What to work on – Go to the line in the data below that contains "pub fn best_hand(deck: u32, cards: &[u8])". Write it out exactly, along with every later line through the last, and nothing else.

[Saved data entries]
□ □ □
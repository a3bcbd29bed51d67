// A page over a lent buffer: the pen may stand anywhere; a text that has no room behind it is written after the buffer was written out. So the page is as
// long as it likes, and the memory stays. Where a write fails the pen keeps it: nothing more goes out, and the text goes on into the buffer alone.
ghost use Rattle.std.specs.Prelude.{◌≡◌, ◌≤◌, length, IsOk};

use output::STDOUT_FILENO;
use std::fmt;
use writing::put_bytes;

// Where a page stands between two buffers: how much of the buffer is written, and whether all that was written out could be.
#[derive(Clone, Copy)]
pub struct Pen {
    pub at: usize,
    pub ok: bool,
}

// A page that is being written: the lent buffer, and the pen over it.
#[derive(Drop)]
pub struct Writer<'a> {
    pub out: &'a mut [u8],
    pub pen: Pen,
}

// How much of the buffer is written.
fn filled(at: usize, size: usize) -> usize
    ensures { result ≤ size }
{
    at.min(size)
}

// Writes out what stands in the buffer, unless a write has failed before.
pub fn written_out(out: &[u8], p: Pen) -> Pen
    ensures { result.at ≤ 0 }
{
    let n = filled(p.at, out.len());
    let ok = p.ok && io::write_all(STDOUT_FILENO, &out[..n]);
    Pen { at: 0, ok }
}

impl<'a> Writer<'a> {
    pub fn over(out: &'a mut [u8], pen: Pen) -> Writer<'a>
        ensures same_buffer { result.out.ghost_name ≡ out.entry.ghost_name }
        ensures same_bytes { result.out.now ≡ out.old }
        ensures same_pen { result.pen ≡ pen }
    {
        Writer { out, pen }
    }

    // Sees to it that so many bytes more have room, as they do in an empty buffer.
    fn make_room(&mut self, n: usize)
        ensures same_buffer { self.new.out.ghost_name ≡ self.old.out.ghost_name }
        ensures same_size { length self.new.out.now ≡ length self.old.out.now }
        ensures within { self.new.pen.at ≤ length self.old.out.now }
    {
        let at = filled(self.pen.at, self.out.len());
        let pen = Pen {
            at,
            ok: self.pen.ok,
        };
        self.pen = if self.out.len() - at < n {
            written_out(self.out, pen)
        } else {
            pen
        };
    }

    // A text. One that is longer than the whole buffer would be left out; none is.
    pub fn put(&mut self, bytes: &[u8])
        ensures same_buffer { self.new.out.ghost_name ≡ self.old.out.ghost_name }
        ensures same_size { length self.new.out.now ≡ length self.old.out.now }
        ensures within { self.new.pen.at ≤ length self.old.out.now }
    {
        self.make_room(bytes.len());
        let at = self.pen.at;
        if bytes.len() <= self.out.len() - at {
            self.pen.at = at + put_bytes(&mut self.out[at..], bytes);
        }
    }
}

impl fmt::Write for Writer<'_> {
    // The buffer is the same one and keeps its length, and the pen stands in it.
    ghost write_str_gives = { λ v _ w. (w.out.ghost_name ≡ v.out.ghost_name) × (length w.out.now ≡ length v.out.now) × (w.pen.at ≤ length v.out.now) };

    // A text. Whether a write has failed is kept by the pen, and no error here, so that what comes after is written as well.
    fn write_str(&mut self, s: &str) -> fmt::Result
        ensures ok { IsOk result → (self.new.out.ghost_name ≡ self.old.out.ghost_name) × (length self.new.out.now ≡ length self.old.out.now) × (self.new.pen.at ≤ length self.old.out.now) }
        ensures same_buffer { self.new.out.ghost_name ≡ self.old.out.ghost_name }
        ensures same_size { length self.new.out.now ≡ length self.old.out.now }
        ensures within { self.new.pen.at ≤ length self.old.out.now }
        ensures never_fails { IsOk result }
    {
        self.put(s.as_bytes());
        Ok(())
    }
}
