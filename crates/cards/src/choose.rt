// Document 01, "Hand order": the best of the choices of five. The cards taken, those to come and the best hand so far are one number each, which the
// search hands on without copying arrays at every step.
ghost use Rattle.std.specs.Prelude.{◌≡◌, ◌+◌, ◌-◌, ◌*◌, ◌/◌, ◌%◌, ◌≤◌, ◌<◌, length, drop};
ghost use Rattle.cards.specs.Order.{ranking_of, keep, values_from, best_of, Placed};
ghost use Rattle.cards.specs.Packed.{digits, hand_in, IsHand};
ghost use Rattle.cards.specs.Searching.{values_left, lows, units, Stands};

use crate::seven::{fallen, seven_in};
use crate::weighing::{better, hand_in, in_full};
use crate::{Hand, Ranking, ranking_of};

// The best hand so far, and of the choices that are left when `spare` of the cards to come are skipped. The next card is the last digit of `rest`: it is
// skipped, and then taken, above those taken before. With a sixth card taken there is no choice left.
fn search(
    ranking: Ranking,
    rest: u64,
    spare: u64,
    chosen: u64,
    have: u64,
    unit: u64,
    so_far: u64,
) -> u64
    requires { Stands rest spare chosen have unit × Placed ranking × IsHand ranking so_far }
    ensures is { hand_in result ≡ keep ranking (hand_in so_far) (values_left ranking (lows have chosen) spare (lows (5 + spare - have) rest)) }
    ensures small { IsHand ranking result }
{
    if have == 6 {
        return so_far;
    }
    let more = rest / 256;
    let with = rest % 256 * unit + chosen;
    if spare == 1 {
        let without = better(ranking, so_far, more * unit + chosen);
        return search(ranking, more, spare, with, have + 1, unit * 256, without);
    }
    let without = search(ranking, more, spare - 1, chosen, have, unit, so_far);
    search(ranking, more, spare, with, have + 1, unit * 256, without)
}

// A digit behind the others.
fn behind(n: u64, c: u8) -> u64
    requires { n < 72057594037927936 }
    ensures { (result ≡ n * 256 + c) × (c < 256) }
{
    n * 256 + c as u64
}

// The cards from `at` on in one number, the next the last digit.
fn packed(cards: &[u8], at: usize) -> u64
    requires { (at ≤ length cards.now) × (length cards.now - at ≤ 8) }
    ensures is { lows (length cards.now - at) result ≡ drop at cards.now }
    ensures small { result < units (length cards.now - at) }
{
    let mut n = 0;
    for i in (at..cards.len()).rev() {
        n = behind(n, cards[i]);
    }
    n
}

// What a digit counts that stands above so many others.
fn unit_of(have: usize) -> u64
    requires { have < 5 }
    ensures is { result ≡ units have }
    ensures small { (0 < result) × (result ≤ 4294967296) }
{
    match have {
        0 => 1,
        1 => 256,
        2 => 65536,
        3 => 16777216,
        _ => 4294967296,
    }
}

// A digit behind the last four of a number: of five cards no more are kept.
fn push(n: u64, c: u8) -> u64
    ensures { (result / 256 ≡ n % 4294967296) × (result % 256 ≡ c) }
{
    behind(n % 4294967296, c)
}

// The best hand so far, and of the choices that begin with the cards chosen and go on among the few from `at` on, which one number holds.
fn best_of_few(
    ranking: Ranking,
    cards: &[u8],
    at: usize,
    chosen: u64,
    have: usize,
    so_far: u64,
) -> u64
    requires { (at ≤ length cards.now) × (have < 5) × (5 - have ≤ length cards.now - at) × (length cards.now - at ≤ 8) × Placed ranking × IsHand ranking so_far }
    ensures is { hand_in result ≡ keep ranking (hand_in so_far) (values_from ranking (digits have chosen) (5 - have) (drop at cards.now)) }
    ensures small { IsHand ranking result }
{
    let unit = unit_of(have);
    let rest = packed(cards, at);
    let taken = chosen % unit;
    let left = cards.len() - at;
    if left <= 5 - have {
        return in_full(ranking, so_far, rest * unit + taken);
    }
    search(
        ranking,
        rest,
        (left - (5 - have)) as u64,
        taken,
        have as u64,
        unit,
        so_far,
    )
}

// The best hand so far, and of the choices that begin with the cards chosen and go on among those from `at` on: the next card is
// taken, or skipped, until one number holds those that are left.
pub(crate) fn best(
    ranking: Ranking,
    cards: &[u8],
    at: usize,
    chosen: u64,
    have: usize,
    so_far: u64,
) -> u64
    requires { (at ≤ length cards.now) × (have ≤ 5) × (5 - have ≤ length cards.now - at) × Placed ranking × IsHand ranking so_far }
    ensures is { hand_in result ≡ keep ranking (hand_in so_far) (values_from ranking (digits have chosen) (5 - have) (drop at cards.now)) }
    ensures small { IsHand ranking result }
{
    if have == 5 {
        return in_full(ranking, so_far, chosen);
    }
    if cards.len() - at <= 8 {
        return best_of_few(ranking, cards, at, chosen, have, so_far);
    }
    let with = best(
        ranking,
        cards,
        at + 1,
        push(chosen, cards[at]),
        have + 1,
        so_far,
    );
    best(ranking, cards, at + 1, chosen, have, with)
}

// No hand: the class 9, which has no place.
pub(crate) const NO_HAND: u64 = 9895604649984;

// By any ranking, the best hand of five among the cards, as they lie.
fn best_of_choices(ranking: Ranking, cards: &[u8]) -> Hand
    requires { Placed ranking }
    ensures { result ≡ best_of ranking cards.now }
{
    if cards.len() < 5 {
        return hand_in(NO_HAND);
    }
    hand_in(best(ranking, cards, 0, 0, 0, NO_HAND))
}

// By any ranking, the best hand of five among the cards. Seven are put from high to low first, as the search is faster then.
fn best_by(ranking: Ranking, cards: &[u8]) -> Hand
    requires { Placed ranking }
    ensures { result ≡ best_of ranking cards.now }
{
    if cards.len() != 7 {
        return best_of_choices(ranking, cards);
    }
    let n = seven_in(fallen(cards));
    hand_in(search(ranking, n, 2, 0, 0, 1, NO_HAND))
}

// By the ranking of the deck, the best hand of five among the cards, of any number of them; of fewer than five, no hand.
pub fn best_hand(deck: u32, cards: &[u8]) -> Hand
    ensures { result ≡ best_of (ranking_of deck) cards.now }
{
    best_by(ranking_of(deck), cards)
}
□ □ □
Task solution –
pub fn best_hand(deck: u32, cards: &[u8]) -> Hand
    ensures { result ≡ best_of (ranking_of deck) cards.now }
{
    best_by(ranking_of(deck), cards)
}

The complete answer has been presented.